DIRECTIONS
Copy all of the entries that follow, exactly.

Dataset items:
________
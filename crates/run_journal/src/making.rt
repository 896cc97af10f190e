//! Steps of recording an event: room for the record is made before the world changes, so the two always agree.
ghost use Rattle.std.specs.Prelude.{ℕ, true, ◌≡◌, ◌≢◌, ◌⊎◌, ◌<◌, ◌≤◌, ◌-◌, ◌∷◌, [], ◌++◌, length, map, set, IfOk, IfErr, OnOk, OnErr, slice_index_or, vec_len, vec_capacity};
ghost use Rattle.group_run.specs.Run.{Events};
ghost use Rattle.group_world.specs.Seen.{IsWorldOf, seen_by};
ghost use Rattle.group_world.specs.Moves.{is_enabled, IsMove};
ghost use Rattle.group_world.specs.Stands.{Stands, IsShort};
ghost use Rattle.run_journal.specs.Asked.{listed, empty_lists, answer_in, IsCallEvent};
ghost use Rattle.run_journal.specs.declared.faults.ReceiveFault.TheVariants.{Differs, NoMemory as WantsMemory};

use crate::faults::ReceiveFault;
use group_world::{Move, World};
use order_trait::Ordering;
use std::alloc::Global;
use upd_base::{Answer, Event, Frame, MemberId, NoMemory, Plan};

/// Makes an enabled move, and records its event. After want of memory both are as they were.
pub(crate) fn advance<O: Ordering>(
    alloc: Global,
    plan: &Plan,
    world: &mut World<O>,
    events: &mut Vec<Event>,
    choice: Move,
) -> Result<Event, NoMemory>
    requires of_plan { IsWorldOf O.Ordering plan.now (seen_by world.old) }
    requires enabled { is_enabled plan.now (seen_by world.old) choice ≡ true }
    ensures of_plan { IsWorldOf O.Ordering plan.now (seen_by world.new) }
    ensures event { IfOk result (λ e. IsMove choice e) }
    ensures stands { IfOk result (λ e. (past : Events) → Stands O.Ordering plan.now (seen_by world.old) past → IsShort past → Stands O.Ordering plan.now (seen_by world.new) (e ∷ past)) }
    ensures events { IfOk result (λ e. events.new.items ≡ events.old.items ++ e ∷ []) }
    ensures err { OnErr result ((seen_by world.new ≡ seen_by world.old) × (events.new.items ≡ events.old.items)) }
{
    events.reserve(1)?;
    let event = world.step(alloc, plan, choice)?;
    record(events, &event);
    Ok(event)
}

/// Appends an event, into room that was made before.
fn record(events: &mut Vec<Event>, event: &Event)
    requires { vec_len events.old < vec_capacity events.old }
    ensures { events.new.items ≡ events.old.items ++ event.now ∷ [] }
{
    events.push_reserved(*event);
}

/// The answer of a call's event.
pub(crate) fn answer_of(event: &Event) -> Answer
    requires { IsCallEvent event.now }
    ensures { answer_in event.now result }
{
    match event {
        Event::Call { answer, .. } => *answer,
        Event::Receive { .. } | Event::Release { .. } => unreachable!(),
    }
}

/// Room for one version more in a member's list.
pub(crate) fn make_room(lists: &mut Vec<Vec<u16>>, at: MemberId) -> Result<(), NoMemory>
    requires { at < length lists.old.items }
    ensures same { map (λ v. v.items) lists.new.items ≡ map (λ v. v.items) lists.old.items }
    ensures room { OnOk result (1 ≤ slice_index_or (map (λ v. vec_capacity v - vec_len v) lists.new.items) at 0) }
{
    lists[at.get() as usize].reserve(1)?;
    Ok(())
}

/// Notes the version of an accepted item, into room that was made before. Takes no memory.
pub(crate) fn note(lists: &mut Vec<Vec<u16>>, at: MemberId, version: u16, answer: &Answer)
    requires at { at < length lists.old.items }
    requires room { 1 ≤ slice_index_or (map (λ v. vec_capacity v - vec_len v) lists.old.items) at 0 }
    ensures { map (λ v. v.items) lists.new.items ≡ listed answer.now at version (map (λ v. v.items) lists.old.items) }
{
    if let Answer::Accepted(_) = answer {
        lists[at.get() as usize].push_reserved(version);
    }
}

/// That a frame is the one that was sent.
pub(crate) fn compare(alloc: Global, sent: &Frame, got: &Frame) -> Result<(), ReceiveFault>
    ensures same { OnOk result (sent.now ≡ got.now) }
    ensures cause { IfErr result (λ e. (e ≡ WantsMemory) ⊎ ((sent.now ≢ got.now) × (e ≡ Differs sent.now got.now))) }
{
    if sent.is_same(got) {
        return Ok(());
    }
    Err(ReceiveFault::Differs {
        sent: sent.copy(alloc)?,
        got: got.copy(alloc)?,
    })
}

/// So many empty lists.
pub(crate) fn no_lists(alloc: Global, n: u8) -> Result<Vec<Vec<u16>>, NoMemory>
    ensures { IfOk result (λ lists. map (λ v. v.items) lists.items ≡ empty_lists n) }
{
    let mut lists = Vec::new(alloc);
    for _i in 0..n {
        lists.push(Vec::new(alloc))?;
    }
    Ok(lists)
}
________
FINAL ANSWER
filename crates/run_journal/src/making.rt
repository 896cc97af10f190e
//! Steps of recording an event: room for the record is made before the world changes, so the two always agree.
ghost use Rattle.std.specs.Prelude.{ℕ, true, ◌≡◌, ◌≢◌, ◌⊎◌, ◌<◌, ◌≤◌, ◌-◌, ◌∷◌, [], ◌++◌, length, map, set, IfOk, IfErr, OnOk, OnErr, slice_index_or, vec_len, vec_capacity};
ghost use Rattle.group_run.specs.Run.{Events};
ghost use Rattle.group_world.specs.Seen.{IsWorldOf, seen_by};
ghost use Rattle.group_world.specs.Moves.{is_enabled, IsMove};
ghost use Rattle.group_world.specs.Stands.{Stands, IsShort};
ghost use Rattle.run_journal.specs.Asked.{listed, empty_lists, answer_in, IsCallEvent};
ghost use Rattle.run_journal.specs.declared.faults.ReceiveFault.TheVariants.{Differs, NoMemory as WantsMemory};

use crate::faults::ReceiveFault;
use group_world::{Move, World};
use order_trait::Ordering;
use std::alloc::Global;
use upd_base::{Answer, Event, Frame, MemberId, NoMemory, Plan};

/// Makes an enabled move, and records its event. After want of memory both are as they were.
pub(crate) fn advance<O: Ordering>(
    alloc: Global,
    plan: &Plan,
    world: &mut World<O>,
    events: &mut Vec<Event>,
    choice: Move,
) -> Result<Event, NoMemory>
    requires of_plan { IsWorldOf O.Ordering plan.now (seen_by world.old) }
    requires enabled { is_enabled plan.now (seen_by world.old) choice ≡ true }
    ensures of_plan { IsWorldOf O.Ordering plan.now (seen_by world.new) }
    ensures event { IfOk result (λ e. IsMove choice e) }
    ensures stands { IfOk result (λ e. (past : Events) → Stands O.Ordering plan.now (seen_by world.old) past → IsShort past → Stands O.Ordering plan.now (seen_by world.new) (e ∷ past)) }
    ensures events { IfOk result (λ e. events.new.items ≡ events.old.items ++ e ∷ []) }
    ensures err { OnErr result ((seen_by world.new ≡ seen_by world.old) × (events.new.items ≡ events.old.items)) }
{
    events.reserve(1)?;
    let event = world.step(alloc, plan, choice)?;
    record(events, &event);
    Ok(event)
}

/// Appends an event, into room that was made before.
fn record(events: &mut Vec<Event>, event: &Event)
    requires { vec_len events.old < vec_capacity events.old }
    ensures { events.new.items ≡ events.old.items ++ event.now ∷ [] }
{
    events.push_reserved(*event);
}

/// The answer of a call's event.
pub(crate) fn answer_of(event: &Event) -> Answer
    requires { IsCallEvent event.now }
    ensures { answer_in event.now result }
{
    match event {
        Event::Call { answer, .. } => *answer,
        Event::Receive { .. } | Event::Release { .. } => unreachable!(),
    }
}

/// Room for one version more in a member's list.
pub(crate) fn make_room(lists: &mut Vec<Vec<u16>>, at: MemberId) -> Result<(), NoMemory>
    requires { at < length lists.old.items }
    ensures same { map (λ v. v.items) lists.new.items ≡ map (λ v. v.items) lists.old.items }
    ensures room { OnOk result (1 ≤ slice_index_or (map (λ v. vec_capacity v - vec_len v) lists.new.items) at 0) }
{
    lists[at.get() as usize].reserve(1)?;
    Ok(())
}

/// Notes the version of an accepted item, into room that was made before. Takes no memory.
pub(crate) fn note(lists: &mut Vec<Vec<u16>>, at: MemberId, version: u16, answer: &Answer)
    requires at { at < length lists.old.items }
    requires room { 1 ≤ slice_index_or (map (λ v. vec_capacity v - vec_len v) lists.old.items) at 0 }
    ensures { map (λ v. v.items) lists.new.items ≡ listed answer.now at version (map (λ v. v.items) lists.old.items) }
{
    if let Answer::Accepted(_) = answer {
        lists[at.get() as usize].push_reserved(version);
    }
}

/// That a frame is the one that was sent.
pub(crate) fn compare(alloc: Global, sent: &Frame, got: &Frame) -> Result<(), ReceiveFault>
    ensures same { OnOk result (sent.now ≡ got.now) }
    ensures cause { IfErr result (λ e. (e ≡ WantsMemory) ⊎ ((sent.now ≢ got.now) × (e ≡ Differs sent.now got.now))) }
{
    if sent.is_same(got) {
        return Ok(());
    }
    Err(ReceiveFault::Differs {
        sent: sent.copy(alloc)?,
        got: got.copy(alloc)?,
    })
}

/// So many empty lists.
pub(crate) fn no_lists(alloc: Global, n: u8) -> Result<Vec<Vec<u16>>, NoMemory>
    ensures { IfOk result (λ lists. map (λ v. v.items) lists.items ≡ empty_lists n) }
{
    let mut lists = Vec::new(alloc);
    for _i in 0..n {
        lists.push(Vec::new(alloc))?;
    }
    Ok(lists)
}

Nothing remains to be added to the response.